エラー訂正を行うには、チェックビットやシンドロームを計算するする必要がある。この計算ではHマトリクスに"1"があるビットの値のXORを取る。従って、できるだけHマトリクスの"1"の数が少ない方が、必要なXORゲートが少なくて済むし、 XORゲートの遅延の合計である計算時間も短くて済む。

この考え方で作られたコードに、IBMの研究員であったHsiao氏が考案したHsiaoコードがある。各列に"1"が1つしかない列をチェックビットとする点はハミングコードと同じであるが、データビットに対応する列は、3個の"1"があるものを使う。ただし、同じ列は一度しか使ってはならない。図2.17に示す(8、4)コードではデータビットに対応するすべての列は3個の"1"となっているが、より長いコードでは3個の"1"の組み合わせを使いきると、5個の"1"、7個の"1"というように奇数の"1"を持つ列を"1"の数が少ない順に使っていく。後に説明するように偶数個の"1"を持つ列は使えないので、Hsiaoコードのように"1"の数の少ない順に各列を選ぶとHマトリクスの中の"1"の数は最小になる。

図2.17 SECDED Hsiaoコードの例

この場合、各列は4要素であり、3個が"1"となる組み合わせは4個しかないので、そのすべてが使われることになるが、d0~d3と列の対応はどのようにしても良い。

前に述べたハミングコードの場合と同じで、1ビットエラーが起こった場合のシンドロームは、エラービット位置のHマトリクスの列の値と等しい。Hsiaoコードでは各列の"1"の個数は奇数であるので、1ビットエラーの場合のシンドロームに含まれる"1"の数は奇数となる。そして、Hマトリクスの各列の値は全て異なっているので、シンドロームの値を見ればどのビットがエラーしたかが分かる。

しかし、Hsiaコードの場合は列が2進数の順に並んでいない。このため、シンドロームの値とビット位置の対応はハミングコードとは異なるが、図2.15の中のシンドロームのデコーダ出力とビットを反転させるXORとの接続を変えることで対応できる。

2ビットのエラーが起こった場合は、エラービット位置の2つの列のXORを取ったものがシンドローム値となる。Hsiaoコードでは、各列の"1"の数は奇数となっているので、2つの列を比べると、必ず偶数個の値が異なっており、シンドロームの中の"1"の数は偶数となる。

つまり、シンドローム値はエラーが無い場合は0、1ビットエラーの場合は奇数個の"1"、2ビットエラーの場合は偶数個の"1"を持つことになるので、1ビットエラーの訂正と2ビットエラーの検出が可能であることが分かる。

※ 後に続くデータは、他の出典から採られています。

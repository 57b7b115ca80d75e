//! Readers and writers of `std::io` as devices.
ghost use Rattle.std.specs.Prelude.{◌≡◌, true, false, OnOk};
ghost use Rattle.std.specs.Io.{ReadsAtMost, WritesAtMost};
ghost use Rattle.std.specs.Io.KnownBytes.{Keeps, ReadConsumes, WriteAppends};

use crate::failed::Failed;
use crate::sink::Sink;
use crate::source::Source;
use std::io::{self, ErrorKind, Read, Write};

/// Reads once, and again if a signal interrupts it.
fn read_again<R: Read>(reader: &mut R, buffer: &mut [u8]) -> io::Result<usize>
    ensures within { ReadsAtMost result buffer.new }
    ensures bytes { ReadConsumes (R.remaining reader.old) (R.remaining reader.new)
        result buffer.new }
{
    for _ in 0..u64::MAX {
        match reader.read(buffer) {
            Ok(n) => return Ok(n),
            Err(e) => {
                if e.kind() != ErrorKind::Interrupted {
                    return Err(e);
                }
            }
        }
    }
    Err(io::Error::from(ErrorKind::Interrupted))
}

/// Writes once, and again if a signal interrupts it.
fn write_again<W: Write>(writer: &mut W, bytes: &[u8]) -> io::Result<usize>
    ensures within { WritesAtMost result bytes.now }
    ensures bytes { WriteAppends (W.contents writer.old) (W.contents writer.new) result bytes.now }
{
    for _ in 0..u64::MAX {
        match writer.write(bytes) {
            Ok(n) => return Ok(n),
            Err(e) => {
                if e.kind() != ErrorKind::Interrupted {
                    return Err(e);
                }
            }
        }
    }
    Err(io::Error::from(ErrorKind::Interrupted))
}

/// A writer that passes on what it kept back. Each writer of `std::io` is one.
pub trait Flush: Write {
    /// The writer was flushed, and has taken nothing since. Nothing but `pass_on` tells it.
    ghost flushed: { Self → Type 0 } = { λ _. Unit {0} };

    /// Flushes once.
    fn pass_on(&mut self) -> io::Result<()>
        ensures bytes { Keeps (Self.contents self.old) (Self.contents self.new) }
        ensures flushed { OnOk result (flushed self.new) };
}

impl<W: Write> Flush for W {
    fn pass_on(&mut self) -> io::Result<()> {
        self.flush()
    }
}

/// Flushes once, and again if a signal interrupts it.
fn flush_again<W: Flush>(writer: &mut W) -> io::Result<()>
    ensures bytes { Keeps (W.contents writer.old) (W.contents writer.new) }
    ensures flushed { OnOk result (W.flushed writer.new) }
{
    for _ in 0..u64::MAX {
        match writer.pass_on() {
            Ok(()) => return Ok(()),
            Err(e) => {
                if e.kind() != ErrorKind::Interrupted {
                    return Err(e);
                }
            }
        }
    }
    Err(io::Error::from(ErrorKind::Interrupted))
}

/// A reader as a `Source`. It tells its bytes if the reader does.
#[derive(Drop)]
pub struct StreamSource<R> {
    reader: R,
    last: usize,
    ends: u64,
    failures: u64,
}

impl<R: Read> StreamSource<R> {
    /// Makes a source that was not read, has not failed and has not told its end.
    pub fn new(reader: R) -> StreamSource<R>
        ensures { ⟦<StreamSource<R> as Source>⟧.state result
            ≡ record { left = R.remaining reader; last = 0; ends = 0; failures = 0 } }
    {
        StreamSource {
            reader,
            last: 0,
            ends: 0,
            failures: 0,
        }
    }
}

impl<R: Read> Source for StreamSource<R> {
    ghost state = { λ s. record {
      left = R.remaining s.reader;
      last = s.last;
      ends = s.ends;
      failures = s.failures;
    } };

    fn read(&mut self, buffer: &mut [u8]) -> Result<usize, Failed> {
        match read_again(&mut self.reader, buffer) {
            Ok(n) => {
                self.last = n;
                if n == 0 {
                    self.ends = self.ends.wrapping_add(1);
                }
                Ok(n)
            }
            Err(_) => {
                self.failures += 1;
                Err(Failed)
            }
        }
    }
}

/// A writer as a `Sink`. It tells its bytes if the writer does. A write that takes no byte has failed. The writer may
/// keep bytes back until it is flushed: the sink says that it keeps none only if it flushed the writer after the last write.
#[derive(Drop)]
pub struct StreamSink<W: Flush> {
    writer: W,
    keeps_back: bool,
    failures: u64,
    ghost flushed: { keeps_back ≡ false → ∥ W.flushed writer ∥₁ },
}

impl<W: Flush> StreamSink<W> {
    /// Makes a sink that has not failed. The writer may still keep back bytes that it took before.
    pub fn new(writer: W) -> StreamSink<W>
        ensures { ⟦<StreamSink<W> as Sink>⟧.state result
            ≡ record { held = W.contents writer; keeps_back = true; failures = 0 } }
    {
        StreamSink {
            writer,
            keeps_back: true,
            failures: 0,
        }
    }

    /// Returns the writer.
    pub fn into_inner(self) -> W
        ensures { W.contents result ≡ (⟦<StreamSink<W> as Sink>⟧.state self).held }
    {
        self.writer
    }
}

impl<W: Flush> Sink for StreamSink<W> {
    ghost state = { λ s. record {
      held = W.contents s.writer;
      keeps_back = s.keeps_back;
      failures = s.failures;
    } };

    fn write(&mut self, bytes: &[u8]) -> Result<usize, Failed> {
        self.keeps_back = true;
        match write_again(&mut self.writer, bytes) {
            Ok(n) if n > 0 => Ok(n),
            _ => {
                self.failures += 1;
                Err(Failed)
            }
        }
    }

    fn flush(&mut self) -> Result<(), Failed> {
        if !self.keeps_back {
            return Ok(());
        }
        match flush_again(&mut self.writer) {
            Ok(()) => {
                self.keeps_back = false;
                Ok(())
            }
            Err(_) => {
                self.failures += 1;
                Err(Failed)
            }
        }
    }
}
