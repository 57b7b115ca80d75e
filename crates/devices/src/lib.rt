//! Sources and sinks of bytes, and what devices tell about them.
//!
//! The promise to the layers above: a `Source` and a `Sink` say how each read, write and flush changes what the device
//! tells (`SourceState` and `SinkState` of `specs/Devices.antt`). `read_all` and `write_all` read and write all bytes. A
//! `StreamSource` and a `StreamSink` are the streams of `std::io` as devices, and repeat a call that a signal interrupts.
//! A read waits as long as its device does. Only `read_all` takes memory.
#![tactic(auto)]

mod channel;
mod failed;
mod owed;
mod sink;
mod source;
mod streams;

pub use channel::{Channel, Received, Sent};
pub use failed::Failed;
pub use owed::{Owed, Taking};
pub use sink::{Sink, write_all};
pub use source::{ReadAfterFlush, ReadFault, Source, read_all};
pub use streams::{Flush, StreamSink, StreamSource};
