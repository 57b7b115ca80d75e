//! Sources of bytes.
ghost use Rattle.std.specs.Prelude.{◌≡◌, ◌≤◌, ◌+◌, length, false, OnOk, OnErr, IfOk};
ghost use Rattle.std.specs.Io.{ReadsAtMost};
ghost use Rattle.std.specs.Io.KnownBytes.{ReadConsumes};
ghost use Rattle.devices.specs.Devices.{CanRead, FailsToRead, IsAll, Reads, next_end};

use crate::failed::Failed;
use crate::sink::Sink;
use std::alloc::{AllocError, Global};

/// A source of bytes.
pub trait Source {
    ghost use Rattle.devices.specs.Devices.{SourceState};

    /// What the device tells about itself.
    ghost state: { Self → SourceState };

    /// Reads into the front of the buffer, and returns how many bytes: 0 means the end. A read that fails takes none.
    fn read(&mut self, buffer: &mut [u8]) -> Result<usize, Failed>
        requires room { 1 ≤ length buffer.old }
        requires count { CanRead (state self.old) }
        ensures within { ReadsAtMost result buffer.new }
        ensures bytes { ReadConsumes (state self.old).left (state self.new).left result buffer.new }
        ensures ok { IfOk result (λ n. Reads (state self.old) (state self.new) n) }
        ensures err { OnErr result (FailsToRead (state self.old) (state self.new)) };
}

/// A source that may be read only after a sink has been flushed. A session reads its client only by this trait, so it can't
/// wait for the client while it keeps back answers that the client may be waiting for. Each `Source` is one, with any sink.
pub trait ReadAfterFlush<W: Sink> {
    ghost use Rattle.devices.specs.Devices.{SourceState};

    /// What the source tells about itself.
    ghost source: { Self → SourceState };

    /// Reads as a `Source` does, after the sink has passed on all that it took.
    fn read_after_flush(&mut self, sink: &W, buffer: &mut [u8]) -> Result<usize, Failed>
        requires sent { (W.state sink.now).keeps_back ≡ false }
        requires room { 1 ≤ length buffer.old }
        requires count { CanRead (source self.old) }
        ensures within { ReadsAtMost result buffer.new }
        ensures bytes { ReadConsumes (source self.old).left (source self.new).left result buffer.new }
        ensures ok { IfOk result (λ n. Reads (source self.old) (source self.new) n) }
        ensures err { OnErr result (FailsToRead (source self.old) (source self.new)) };
}

impl<W: Sink, R: Source> ReadAfterFlush<W> for R {
    ghost source = { λ r. R.state r };

    fn read_after_flush(&mut self, _: &W, buffer: &mut [u8]) -> Result<usize, Failed> {
        self.read(buffer)
    }
}

/// Why not all of a device's bytes were read.
#[derive(Clone, Copy, Debug, PartialEq, Eq)]
pub enum ReadFault {
    /// The device failed.
    Failed,
    /// A request for memory was refused.
    NoMemory,
}

impl From<AllocError> for ReadFault {
    ghost use Rattle.std.specs.Prelude.{◌≡◌};
    ghost use Rattle.devices.specs.declared.source.ReadFault.TheVariants.{NoMemory};

    ghost from_gives = { λ _ e. e ≡ NoMemory };

    fn from(_: AllocError) -> ReadFault {
        ReadFault::NoMemory
    }
}

impl From<Failed> for ReadFault {
    ghost use Rattle.std.specs.Prelude.{◌≡◌};
    ghost use Rattle.devices.specs.declared.source.ReadFault.TheVariants.{Failed as DeviceFailed};

    ghost from_gives = { λ _ e. e ≡ DeviceFailed };

    fn from(_: Failed) -> ReadFault {
        ReadFault::Failed
    }
}

const PIECE_BYTES: usize = 4096;

/// Reads all bytes that the device has left, up to the end that it tells. `Failed` if a read fails, `NoMemory` if a
/// request for memory is refused.
pub fn read_all<R: Source>(alloc: Global, reader: &mut R) -> Result<Vec<u8>, ReadFault>
    requires { CanRead (R.state reader.old) }
    ensures value { IfOk result (λ v. IsAll (R.state reader.old).left v.items) }
    ensures end { OnOk result ((R.state reader.new).ends ≡ next_end (R.state reader.old).ends) }
    ensures ok { OnOk result ((R.state reader.new).failures ≡ (R.state reader.old).failures) }
    ensures failed { result ≡ Err ReadFault.Failed
        → (R.state reader.new).failures ≡ (R.state reader.old).failures + 1 }
    ensures memory { result ≡ Err ReadFault.NoMemory
        → (R.state reader.new).failures ≡ (R.state reader.old).failures }
{
    let mut bytes = Vec::new(alloc);
    let mut piece = [0; PIECE_BYTES];
    for _ in 0..u64::MAX {
        let n = reader.read(&mut piece)?;
        if n == 0 {
            return Ok(bytes);
        }
        bytes.extend_from_slice(&piece[..n])?;
    }
    unreachable!()
}
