// Records judged by code lists of rows, on a table of cases that were worked out by hand. By the lists of shapes the samples of
// the program judge do the same.
#![tactic(auto)]

#[cfg(test)]
mod listed;
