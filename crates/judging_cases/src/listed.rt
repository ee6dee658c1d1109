// Rule 26 by lists of rows: which codes stand in them, on the day of the visit, and which beds need not.
use grammar::states::FieldId;
use judging::input::judge;
use judging::upload::BLANK;
use lists::ordered_lists::OrderedLists;
use lists::row::Row;
use std::test::Fail;

// An input up to a field more in MB1, and what follows. The visit is on 1130215, and the upload comes on 1130229. Without more,
// all that its category requires is written.
const FRONT: &[u8] = b"3501200000 1130229
<?xml version=\"1.0\" encoding=\"Big5\"?><RECS><REC><MSH><H00>1</H00><H01>A</H01></MSH><MB><MB1>\
<M01>SAM000000001</M01><M02>000012345678</M02><M03>A123456789</M03><M04>0800101</M04><M05>3501200000</M05>\
<M06>B223456789</M06><M07>01</M07><M11>1130215093000</M11><M12>1</M12><M13>0012</M13><M14>c2lnbmVk</M14>\
<M15>35012000000000000001</M15><M23>0</M23><M35>J00</M35><M44>340</M44><M45>50</M45><M51>01</M51>";

const BACK: &[u8] = b"</MB1></MB></REC></RECS>";

// List and code, first and last day. That of the sender is the last row.
type Listed = (u8, &'static [u8], &'static [u8], &'static [u8]);

const ROWS: [Listed; 6] = [
    (2, b"B223456789", b"1130101", b"1131231"),
    (4, b"J00", b"1130101", b"1131231"),
    (6, b"W0101", b"1130101", b"1130214"),
    (6, b"W0102", b"1130215", b"1130215"),
    (6, b"W0103", b"1130216", b"1131231"),
    (6, b"W0104", b"1130101", b"1130215"),
];

const SENDER: Listed = (1, b"3501200000", b"1130101", b"1131231");

// A field more, and whether a code of it is missed: its tag is then five bytes before the fault.
type Case = (&'static [u8], bool);

const CASES: [Case; 13] = [
    (b"", false),
    // its span is over, has just begun, is to come, and ends on the day
    (b"<M50>W0101</M50>", true),
    (b"<M50>W0102</M50>", false),
    (b"<M50>W0103</M50>", true),
    (b"<M50>W0104</M50>", false),
    // no row has it; nor is it that of another list
    (b"<M50>W0105</M50>", true),
    (b"<M50>J00</M50>", true),
    // a waiting room, a day ward, the emergency room
    (b"<M50>RRRRR</M50>", false),
    (b"<M50>DW</M50>", false),
    (b"<M50>ER</M50>", false),
    (b"<M50>rrrrr</M50>", true),
    // only a bed is excused, and a list without rows has no code
    (b"<M36>ER</M36>", true),
    (b"<M41>0FT44ZZ</M41>", true),
];

fn row(listed: Listed) -> Row<'static> {
    let (list, code, first, last) = listed;
    Row {
        list,
        code,
        first,
        last,
    }
}

// Where the upload of an input begins, and where a value does behind the front of it.
const UPLOAD: usize = 19;

const VALUE: usize = 5;

#[test]
fn codes(rt: HostRuntime) -> Result<(), Fail> {
    let mut listed = [row(SENDER); 7];
    for (i, written) in ROWS.iter().enumerate() {
        listed[i + 1] = row(*written);
    }
    let lists = OrderedLists::new(rt.alloc(), &listed)
        .ok()
        .ok_or("not made")?;
    for (more, is_missed) in &CASES {
        let input = [FRONT, *more, BACK].concat(rt.alloc())?;
        let mut rows = [BLANK; 2];
        let counts = judge(&input, &lists, &mut rows).ok().ok_or("refused")?;
        assert_eq!(rt; counts.faults, usize::from(*is_missed), "{more:?}");
        assert_eq!(rt; counts.accepted, usize::from(!*is_missed), "{more:?}");
        if *is_missed {
            assert_eq!(rt; rows[0].rule.number(), 26, "{more:?}");
            assert_eq!(rt; rows[0].place, FRONT.len() - UPLOAD + VALUE, "{more:?}");
        }
        assert_eq!(rt; rows[1].record, 0);
    }
    Ok(())
}

// Where the list of senders lacks the sender, its M05 is missed.
#[test]
fn sender(rt: HostRuntime) -> Result<(), Fail> {
    let mut listed = [row(SENDER); 6];
    for (i, written) in ROWS.iter().enumerate() {
        listed[i] = row(*written);
    }
    let lists = OrderedLists::new(rt.alloc(), &listed)
        .ok()
        .ok_or("not made")?;
    let input = [FRONT, BACK].concat(rt.alloc())?;
    let mut rows = [BLANK; 2];
    let counts = judge(&input, &lists, &mut rows).ok().ok_or("refused")?;
    assert_eq!(rt; counts.faults, 1);
    assert_eq!(rt; rows[0].rule.number(), 26);
    let FieldId { letter, tens, ones } = rows[0].field;
    assert_eq!(rt; [letter, tens, ones], *b"M05");
    Ok(())
}
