// No code: RULES, section 8, as one statement in specs/.
#![tactic(auto)]
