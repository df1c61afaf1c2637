// What one row more would cost at each part of a block, so that nothing else of the block need be priced again.
#![tactic(auto)]

mod held;
mod uses;

pub use held::{HeldAdder, HeldPort, Way};
pub use uses::{ValuedAdder, ValuedOperand};
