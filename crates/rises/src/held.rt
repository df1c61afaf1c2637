// What the live rows of a block have at its parts. The calls stand in a module below, since they cite definitions that name these.
use ports::InputList;
use pricing::SignsMet;

pub mod calls;

// At a port: its inputs and the bits of the largest of their values.
#[derive(Clone, Copy)]
pub struct HeldPort {
    inputs: InputList,
    bits: u8,
}

// At an adder: its two ports, the signs that are met, the bits of its largest value, and what it costs with its ports.
#[derive(Clone, Copy)]
pub struct HeldAdder {
    left: HeldPort,
    right: HeldPort,
    signs: SignsMet,
    bits: u8,
    price: u32,
}

// Whether one row more has its operands there exchanged, and what it costs.
#[derive(Clone, Copy)]
pub struct Way {
    pub swapped: bool,
    pub rise: u32,
}
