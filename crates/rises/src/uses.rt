// What a row puts at an adder and at a port, with the bits of what it makes of a sample of 1 there. The calls stand in a module below, since they cite definitions that name these.
use adders::{Operand, Sign};

pub mod calls;

#[derive(Clone, Copy)]
pub struct ValuedOperand {
    pub operand: Operand,
    pub bits: u8,
}

#[derive(Clone, Copy)]
pub struct ValuedAdder {
    pub left: ValuedOperand,
    pub sign: Sign,
    pub right: ValuedOperand,
    pub bits: u8,
}
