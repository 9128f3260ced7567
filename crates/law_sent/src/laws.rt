ghost use Rattle.law_sent.specs.Channels.{RecordsGoAlone, BlocksAreRightByChannel, LinesGoAlone};
ghost use Rattle.law_sent.specs.Channels.{BearersBegin, GroupsEndAlone};
ghost use Rattle.law_sent.specs.Senders.{OffersGoOn, SendersWriteRightly};
ghost use Rattle.law_sent.specs.Flows.{FlowsGoOn, BlocksAreRightOnAll, SendsWhatIsPassed};
ghost use Rattle.law_sent.specs.UmSenders.{UmSendersBegin, UmOffersGoOn, UmSendersWriteRightly};

/// Over any calls, what an acknowledged sender writes is right as a checker of journals asks it:
/// each new PDU carries the octets that come next of what RLC was given, each that is sent again
/// octets of its number, and their headers say where SDUs begin and end. So the octets and marks of
/// its history go on as a checker gathers them.
pub fn senders_write_rightly()
    ensures offers { OffersGoOn }
    ensures writes { SendersWriteRightly }
{}

/// What is kept of a channel of acknowledged data while the PDUs of a journal are checked goes on
/// by the records of the channel alone, and a new block is right where it is so on each channel.
pub fn channels_go_alone()
    ensures records { RecordsGoAlone }
    ensures blocks { BlocksAreRightByChannel }
    ensures lines { LinesGoAlone }
    ensures begins { BearersBegin }
    ensures ends { GroupsEndAlone }
{}

/// What is kept of a channel of any kind goes on by its own records too, and a new block is right
/// where it is so on each; a transparent SDU that is taken is what the `send` behind it passes on.
pub fn flows_go_on()
    ensures flows { FlowsGoOn }
    ensures blocks { BlocksAreRightOnAll }
    ensures passes { SendsWhatIsPassed }
{}

/// What an unacknowledged sender writes is right as a checker of journals asks it: each PDU carries
/// the octets that come next of what RLC was given, and its header says where SDUs begin and end.
pub fn um_senders_write_rightly()
    ensures begins { UmSendersBegin }
    ensures offers { UmOffersGoOn }
    ensures writes { UmSendersWriteRightly }
{}
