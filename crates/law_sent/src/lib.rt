//! What is sent is right as the checker of a journal asks it: the PDUs that a sender of RLC writes,
//! and what is kept of a channel while they are checked. Each function does nothing: its contract
//! is the law.
#![tactic(auto)]

mod laws;

pub use laws::{channels_go_alone, flows_go_on, senders_write_rightly, um_senders_write_rightly};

図2.16のSECEDハミングコードのHマトリクスでは20個の"1"があるのに対して、図2.17のHsiaoコードでは16個の"1"である。(8、4)のような短いコードではあまり大きな差ではないが、実用的に使われる64ビットデータに対する(72、64)コードの場合は、Hsiaoコードの"1"の個数は216個であるのに対して、ハミングコードは296個の"1"というように大きな差がつく。

ここでは、直感的に理解しやすい、1ビットエラー訂正と2ビットエラー検出を行うハミングコードとHsiaoコードを説明したが、抽象代数に基づくBCH(Bose Chaudhuri Hochenghem)コードを使うと最小距離が5以上となるコードを作ることができる。Intelのミッションクリティカルサーバ用のItaniumプロセサ「Poulson」の3次キャッシュには最小距離6のDECTED(Double bit Error Correction Triple bit Error Detection)エラー訂正コードが使われている。